# Ni-Cd SAFA SBM112-2 112Ah from the scrap yard



## bgoner (Feb 16, 2011)

*Ni-Cd SAFT SBM112-2 112Ah. will they do?*

Hey guys,
just found second hand Ni-Cd SAFT batteries - 112Ah.


> The M type is designed for applications where the batteries are usually required to sustain
> • electrical loads for between 30 minutes to 3 hours
> • “mixed” loads which involve a mixture of high and low discharge rates.
> • frequent or infrequent discharges.
> M type is typically used in power backup applications.


Voltage above 1.0V per cell - hope it's good. Should I try to almost fully discharge them(reach almost 1V) and then charge them or charge them right away(they mustn't have been used for years). 

I've read that it's very difficult to tell how much are Ni-Cd charged. How do you find that out?

Also are they ok for regenerative breaking? Is it going to hit hard the available cycles of the battery? Or they could persist on random charging?

Any insights would be welcome!

Thanks,
Asen


----------



## bgoner (Feb 16, 2011)

Energy density as far as I can calculate is about 25Wh/kg which is quite heavy, isn't it?


----------



## T1 Terry (Jan 29, 2011)

Ni Cads are hard to get along with. very fussy about charge rates and can't be flattened just like Lithium or it stuffs them. The easiest method to indicate fully charged is by measuring temp rise of each cell, they get hot fast once charged also similar to lithium. They don't have the fast charge and discharge rates that lithium do though, no 10C discharge like headways for these fellas.

T1 Terry


----------



## cyclops2 (Feb 12, 2011)

They are very capable. They are wet celled. I found a full set of discharge sheets for the SBM series. DEADLY short circuit currents !!

Nicads were always known to have high C rates. Charger should be a Delta type. Constant current with change over to constant voltage to elimanate needless overheating of the electrolyte.

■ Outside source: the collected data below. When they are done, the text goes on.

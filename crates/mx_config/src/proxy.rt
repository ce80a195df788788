// The table `proxy`.
ghost use Rattle.std.specs.Prelude.{◌≡◌, IfOk};
ghost use Rattle.toml.specs.View.{table_view};
ghost use Rattle.mx_config.specs.Faults.{Gives};
ghost use Rattle.mx_config.specs.Lawful.{AreLawfulTexts, AreLawfulLimits, IsLawfulProxy};
ghost use Rattle.mx_config.specs.Tables.{listening, proxy_texts, proxy_limits, proxy_row};

use crate::fault::{Place, TableName};
use crate::row::Row;
use crate::value::TextForm;
use crate::{ConfigRefusal, ProxyRow};
use mx_base::{Address, Bytes};
use std::alloc::Global;
use toml::Table;

/// The texts of the table.
#[derive(Drop)]
pub(crate) struct ProxyTexts {
    pub admin_user: Bytes,
    pub admin_password: Bytes,
    pub server_version: Bytes,
    pub default_schema: Bytes,
}

/// The numbers of the table.
#[derive(Clone, Copy)]
pub(crate) struct ProxyLimits {
    pub max_clients: u32,
    pub max_packet: u64,
    pub buffer_budget: u64,
    pub wait_ms: u64,
    pub idle_ms: u64,
}

/// The keys of the table, in order.
const KEYS: [&str; 11] = [
    "listen",
    "admin_listen",
    "admin_user",
    "admin_password",
    "server_version",
    "default_schema",
    "max_clients",
    "max_packet",
    "buffer_budget",
    "wait_ms",
    "idle_ms",
];

/// The one row of the table `proxy`.
#[tactic(auto, using(crate::proofs::Steps::steps), unfolding(crate::specs::Tables::proxy_row, crate::specs::Rows::known_only))]
pub(crate) fn read_proxy_row(alloc: Global, members: &Table) -> Result<ProxyRow, ConfigRefusal>
    ensures said { Gives result (proxy_row (table_view members.now)) }
    ensures lawful { IfOk result IsLawfulProxy }
{
    let place = Place {
        table: TableName::Proxy,
        row: 0,
    };
    let row = Row {
        alloc,
        place,
        members,
    };
    row.only(&KEYS)?;
    let (listen, admin_listen) = read_listening(&row)?;
    let texts = read_texts(&row)?;
    let limits = read_limits(&row)?;
    Ok(ProxyRow {
        listen,
        admin_listen,
        admin_user: texts.admin_user,
        admin_password: texts.admin_password,
        server_version: texts.server_version,
        default_schema: texts.default_schema,
        max_clients: limits.max_clients,
        max_packet: limits.max_packet,
        buffer_budget: limits.buffer_budget,
        wait_ms: limits.wait_ms,
        idle_ms: limits.idle_ms,
    })
}

#[tactic(auto, using(crate::proofs::Steps::steps), unfolding(crate::specs::Tables::listening))]
fn read_listening(row: &Row) -> Result<(Address, Address), ConfigRefusal>
    ensures { Gives result (listening row.now.place (table_view row.now.members.now)) }
{
    let listen = row.address("listen", None)?;
    let admin_listen = row.address("admin_listen", None)?;
    Ok((listen, admin_listen))
}

#[tactic(auto, using(crate::proofs::Steps::steps), unfolding(crate::specs::Tables::proxy_texts, crate::specs::Rows::key_of))]
fn read_texts(row: &Row) -> Result<ProxyTexts, ConfigRefusal>
    ensures said { Gives result (proxy_texts row.now.place (table_view row.now.members.now)) }
    ensures lawful { IfOk result AreLawfulTexts }
{
    let admin_user = row.text("admin_user", None, TextForm::NotEmpty)?;
    let admin_password = row.text("admin_password", None, TextForm::Any)?;
    let server_version = row.text("server_version", Some("8.0.30-mx"), TextForm::Short)?;
    let default_schema = row.text("default_schema", Some("information_schema"), TextForm::Any)?;
    Ok(ProxyTexts {
        admin_user,
        admin_password,
        server_version,
        default_schema,
    })
}

#[tactic(auto, using(crate::proofs::Steps::steps), unfolding(crate::specs::Tables::proxy_limits, crate::specs::Rows::key_of))]
fn read_limits(row: &Row) -> Result<ProxyLimits, ConfigRefusal>
    ensures said { Gives result (proxy_limits row.now.place (table_view row.now.members.now)) }
    ensures lawful { IfOk result AreLawfulLimits }
{
    let clients = row.number("max_clients", Some(1000), 1, 4000)?;
    let max_packet = row.number("max_packet", Some(67_108_864), 1024, 268_435_456)?;
    let budget = Some(1_073_741_824);
    let buffer_budget = row.number("buffer_budget", budget, 1_048_576, 2_147_483_648)?;
    let wait_ms = row.number("wait_ms", Some(10_000), 1, 3_600_000)?;
    let idle_ms = row.number("idle_ms", Some(600_000), 1, 86_400_000)?;
    Ok(ProxyLimits {
        max_clients: clients as u32,
        max_packet,
        buffer_budget,
        wait_ms,
        idle_ms,
    })
}
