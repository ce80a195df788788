//! What is decided at one entry of the log, and that each plan that has it has what the laws of entries ask of plans.
//! Entries at which the core does nothing: its tables stand for the longer log.
//! Entries of clients' own links: a core goes on with them.
//! Bytes come on links to servers: the core over shared links goes on with that entry of the log.
//! Entries of links to servers: from the code's steps to the core standing for the longer log.
//! The core at a wake, at an open that failed, and between entries: what it does keeps that it stands for the longer log.
//! A router goes on with entries by which nobody is called, ended or given up.
//! A router goes on with entries of clients' own links.
#![tactic(auto)]

pub mod clients;
pub mod decisions;
pub mod entering;
pub mod links;
pub mod quiet;
pub mod reading;
pub mod routers;
pub mod waits;
pub mod wakes;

Web search saft sbm 112-2 look for the NORWAK ? site. About 860 KB to down load. Worth it for you. Tha discharge reads from 8 hours on the left to dead short on the extreme right . Well over 1500 amps.


NO ACCIDENTAL short circuits. The metals WILL COOK your skin and face instantly. Wear a full face shield & glasses if you have them. Gloves also !

Good luck


----------



## Guest (Feb 25, 2011)

NiCAD's are heavy like lead acid batteries but are not acid batteries. They are base batteries and are near bullet proof if taken care of. Most of the nickel style batteries are long lived and if you have a set that has been sitting you need to charge them before you fill them. If you fill first you will have an overflow guaranteed. They will release water back into the system when recharged. You need to have a good charger. 

Pete


----------



## bgoner (Feb 16, 2011)

10x for the answers!

Can I use them for regenrative breaking? I mean can they withstand charging and discharging all the time? Is it going to hurt the cycles available?

Charger combination of Delta and Temp I guess...

There are other military batteries (i think NI-cd) do you think they are worth checking???


----------



## cyclops2 (Feb 12, 2011)

bgoner

It sounds like you have access to a lot of high powered batteries.

It also sounds like you are not really sure of what you are handling.

These supposed trashed batteries are FULLY capable of SERIOUSLY injuring you. Right up to being permanantly blinded. At the very least a short circuit flash WILL BURN your eyes so badly that you will need Emergency Room treatment. Hook up with a very experienced battery person or shop to help protect yourself.

Take care & good luck
Rich


----------



## Guest (Feb 25, 2011)

Ni-Cads are worth checking out. They are robust and can be used for regen as any battery can be used for regen. The thing it determine is if your regen is too much for your choice of battery. Use the proper charger and learn how to take care of them. Use proper tools and handle, as with any battery, with care. No willy nilly handling of any battery. 

Pete 

http://www.evdl.org/docs/nicad-principles.pdf

http://www.evdl.org/lib/index.html Check out all the information on Nickel based batteries here.


----------



## bgoner (Feb 16, 2011)

10x guys! I will do my best to follow your advice!

Just checked the other old military German Batteries:
AKA ELECTRIC 102 13 05482
TGL 3355 
240V 70Ah
Year - 75'
In case anyone is interested in them.


----------



## rmay635703 (Oct 23, 2008)

bgoner said:


> 10x guys! I will do my best to follow your advice!
> 
> Just checked the other old military German Batteries:
> AKA ELECTRIC 102 13 05482
> ...


Where are these located and what is their price? (I am in Wisconsin)

I would definately go for a flooded Nicad pack any day. These can be fully discharged and abused without major issues. Carbon is a bigger concern.

But with an easy 30 year life and near full discharge capability (depending on how balanced they are) NiCad is clearly a winner to FLA.

A 100ahr+ 72 volt pack would be ideal for me  More real range than a 200ahr lead pack.

Cheers
Ryan


----------